Semisupervised charting for spectral multimodal manifold learning and alignment

For one given scene, multimodal data are acquired from multiple sensors. They share some similarities across the sensor types (redundant part of the information, also called coupling part) and they also provide modality-specific information (dissimilarities across the sensors, also called decoupling part). Additional critical knowledge about the scene can hence be extracted, which is not extractable from each modality alone. For the processing of multimodal data, we propose in this paper a model to simultaneously learn the underlying low-dimensional manifold in each modality, and locally align these manifolds across different modalities. For each pair of modalities we first build a common manifold that represents the corresponding (redundant) part of information, ignoring non-corresponding (modality specific) parts.

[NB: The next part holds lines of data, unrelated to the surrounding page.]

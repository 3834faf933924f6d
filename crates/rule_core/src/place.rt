//! What each team does in each slot: at most one game stands in its place.
ghost use Rattle.std.specs.Prelude.{◌≡◌, ◌≢◌, ◌<◌, ◌≤◌, ◌+◌, ◌*◌, if◌then◌else◌, length};
ghost use Rattle.rule_core.specs.Opponents as opponents;
ghost use Rattle.rule_core.specs.Opponents.{IsPut, hosts_any, is_away, is_home, place_at, visits_any};
ghost use Rattle.rule_core.specs.Places.{hosts, visits};
ghost use Rattle.rule_core.specs.declared.place.Place.TheVariants.{Away, Free, Home};

use crate::listed::Listed;
use league::{Game, SlotId, TeamId};

/// What a team does in a slot in which it has at most one game.
#[derive(Clone, Copy, Debug, PartialEq, Eq)]
pub enum Place {
    /// The team plays no game.
    Free,
    /// The team is at home to this one.
    Home(TeamId),
    /// The team is away at this one.
    Away(TeamId),
}

impl Place {
    /// Whether the team plays no game.
    pub(crate) fn is_free(self) -> bool
        ensures { result ≡ opponents.is_free self }
    {
        match self {
            Place::Free => true,
            Place::Home(_) | Place::Away(_) => false,
        }
    }

    /// Whether the team is at home to another.
    pub(crate) fn is_home_to(self, guest: TeamId) -> bool
        ensures { result ≡ hosts self guest.0 }
    {
        match self {
            Place::Home(other) => other.0 == guest.0,
            Place::Free | Place::Away(_) => false,
        }
    }

    /// The home games of the team: one or none.
    pub(crate) fn home_games(self) -> u32
        ensures { result ≡ (if is_home self then 1 else 0) }
    {
        match self {
            Place::Home(_) => 1,
            Place::Free | Place::Away(_) => 0,
        }
    }

    /// The away games of the team: one or none.
    pub(crate) fn away_games(self) -> u32
        ensures { result ≡ (if is_away self then 1 else 0) }
    {
        match self {
            Place::Away(_) => 1,
            Place::Free | Place::Home(_) => 0,
        }
    }

    /// The games of the team with another: one or none.
    pub(crate) fn games_with(self, other: TeamId) -> u32
        ensures games { result
            ≡ (if hosts self other.0 then 1 else 0) + (if visits self other.0 then 1 else 0) }
        ensures at_most { result ≤ 1 }
    {
        match self {
            Place::Free => 0,
            Place::Home(guest) => once_if(guest.0 == other.0),
            Place::Away(host) => once_if(host.0 == other.0),
        }
    }

    /// The home games of the team against one of some others: one or none.
    pub(crate) fn games_at_home_to(self, others: &Listed) -> u32
        ensures { result ≡ (if hosts_any others.now self then 1 else 0) }
    {
        match self {
            Place::Home(guest) => once_if(others.has(guest.0)),
            Place::Free | Place::Away(_) => 0,
        }
    }

    /// The away games of the team against one of some others: one or none.
    pub(crate) fn games_away_at(self, others: &Listed) -> u32
        ensures { result ≡ (if visits_any others.now self then 1 else 0) }
    {
        match self {
            Place::Away(host) => once_if(others.has(host.0)),
            Place::Free | Place::Home(_) => 0,
        }
    }
}

/// One where a test passes, or else none.
pub(crate) fn once_if(passes: bool) -> u32
    ensures once { result ≡ (if passes then 1 else 0) }
    ensures at_most { result ≤ 1 }
{
    if passes { 1 } else { 0 }
}

/// The place of a team in a slot, in rows of so many slots.
pub(crate) fn read_place(places: &Vec<Place>, slots: usize, team: TeamId, slot: SlotId) -> Place
    requires slot { slot.0 < slots }
    requires place { team.0 * slots + slot.0 < length places.now.items }
    ensures { result ≡ place_at slots places.now.items team.0 slot.0 }
{
    places[team.0 as usize * slots + slot.0 as usize]
}

/// Puts a game where both its teams are free.
pub(crate) fn put(places: &mut Vec<Place>, slots: usize, game: Game)
    requires slot { game.slot.0 < slots }
    requires home { game.home.0 * slots + game.slot.0 < length places.old.items }
    requires away { game.away.0 * slots + game.slot.0 < length places.old.items }
    requires differ { game.home.0 ≢ game.away.0 }
    requires home_free { place_at slots places.old.items game.home.0 game.slot.0 ≡ Free }
    requires away_free { place_at slots places.old.items game.away.0 game.slot.0 ≡ Free }
    ensures put { IsPut game (place_at slots places.old.items) (place_at slots places.new.items) }
    ensures size { length places.new.items ≡ length places.old.items }
{
    let slot = game.slot.0 as usize;
    places[game.home.0 as usize * slots + slot] = Place::Home(game.away);
    places[game.away.0 as usize * slots + slot] = Place::Away(game.home);
}

/// Takes a game off, and leaves both its teams free.
pub(crate) fn take_off(places: &mut Vec<Place>, slots: usize, game: Game)
    requires slot { game.slot.0 < slots }
    requires home { game.home.0 * slots + game.slot.0 < length places.old.items }
    requires away { game.away.0 * slots + game.slot.0 < length places.old.items }
    requires differ { game.home.0 ≢ game.away.0 }
    requires at_home { place_at slots places.old.items game.home.0 game.slot.0 ≡ Home game.away }
    requires is_away { place_at slots places.old.items game.away.0 game.slot.0 ≡ Away game.home }
    ensures put { IsPut game (place_at slots places.new.items) (place_at slots places.old.items) }
    ensures size { length places.new.items ≡ length places.old.items }
{
    let slot = game.slot.0 as usize;
    places[game.home.0 as usize * slots + slot] = Place::Free;
    places[game.away.0 as usize * slots + slot] = Place::Free;
}
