//! The call that the program makes: it follows the words of the command line over any store of files and any sink.
//!
//! `specs/Answer.antt` says what a run may answer; each command's own crate says what its answer is.
#![tactic(auto)]

mod call;
mod given;

pub use call::run;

We propose a semi-supervised learning model, using a limited amount of prior knowledge about the coupling and decoupling components of the different modalities. We propose a localized version of Laplacian eigenmaps technique specifically designed to handle multimodal manifold learning, in which the ideas of local patching of the manifolds, also known as manifold charting, is combined with the joint spectral analysis of the graph Laplacians of the different modalities. The limited given supervised information is then extending on the manifold of each modality. The idea of functional mapping is finally used to align the different manifolds across modalities. The evaluation of the proposed model using synthetic and real-world multimodal problems shows promising results, compared to several related techniques.